Upgrade failures (should be 0)

node_systemd_unit_state{name="nixos-upgrade.service", state="failed"}

Memory available during upgrades

node_memory_MemAvailable_bytes / 1024 / 1024

Verification Steps

After a few days (allow auto-upgrades to run on all hosts):

  1. Check all hosts have swap enabled:

    node_memory_SwapTotal_bytes > 0
    
  2. Check for any upgrade failures since the fix:

    count_over_time(ALERTS{alertname="nixos_upgrade_failed"}[7d])
    
  3. Review if any hosts used swap during upgrades (check historical graphs)

Success Criteria

  • No nixos_upgrade_failed alerts due to OOM after 2026-02-08
  • All hosts show ~2GB swap available
  • Upgrades complete successfully on 2GB VMs

Fallback Options

If zram is insufficient:

  1. Increase VM memory - Update terraform/vms.tf to 4GB for affected hosts
  2. Enable memory ballooning - Configure VMs with dynamic memory allocation (see below)
  3. Use remote builds - Configure nix.buildMachines to offload evaluation
  4. Reduce flake size - Split configurations to reduce evaluation memory

Memory Ballooning

Proxmox supports memory ballooning, which allows VMs to dynamically grow/shrink memory allocation based on demand. The balloon driver inside the guest communicates with the hypervisor to release or reclaim memory pages.
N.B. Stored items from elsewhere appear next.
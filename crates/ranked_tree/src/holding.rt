//! Which rank holds a leaf: its authority, but from Import to Finish the importer of its region. No other rank caches
//! it.
ghost use Rattle.inode_table.specs.Dirs.{IsLive};
ghost use Rattle.mdcache.specs.Core.{state_of};
ghost use Rattle.mdcache.specs.Ranks.{MayHold};
ghost use Rattle.ranked_tree.specs.Exported.{held_in};
ghost use Rattle.ranked_tree.specs.Held.{IsOwned};
ghost use Rattle.ranked_tree.specs.Subtrees.{Rules};

use crate::regions::Regions;
use mdcache::MdCache;
use mds_types::{Frag, Ino, Rank};
use objstore::Store;

/// The rank that holds a leaf. Takes no memory.
pub(crate) fn holder_of<S: Store + Drop>(
    tree: &MdCache<S>,
    regions: &Regions,
    dir: Ino,
    frag: Frag,
) -> Rank
    requires live { IsLive tree.now.homes tree.now.covers (dir, frag) }
    requires owned { IsOwned tree.now (held_in regions.now) }
    ensures rules { Rules (state_of tree.now) (held_in regions.now) (dir, frag) result }
    ensures holds { MayHold tree.now.caches result (dir, frag) }
{
    regions.holder(tree.dirs(), dir, frag)
}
Configuration in terraform/vms.tf:

memory  = 4096  # maximum memory
balloon = 2048  # minimum memory (shrinks to this when idle)

Pros:

  • VMs get memory on-demand without reboots
  • Better host memory utilization
  • Solves upgrade OOM without permanently allocating 4GB

Cons:

  • Requires QEMU guest agent running in guest
  • Guest can experience memory pressure if host is overcommitted

Ballooning and zram are complementary - ballooning provides headroom from the host, zram provides overflow within the guest.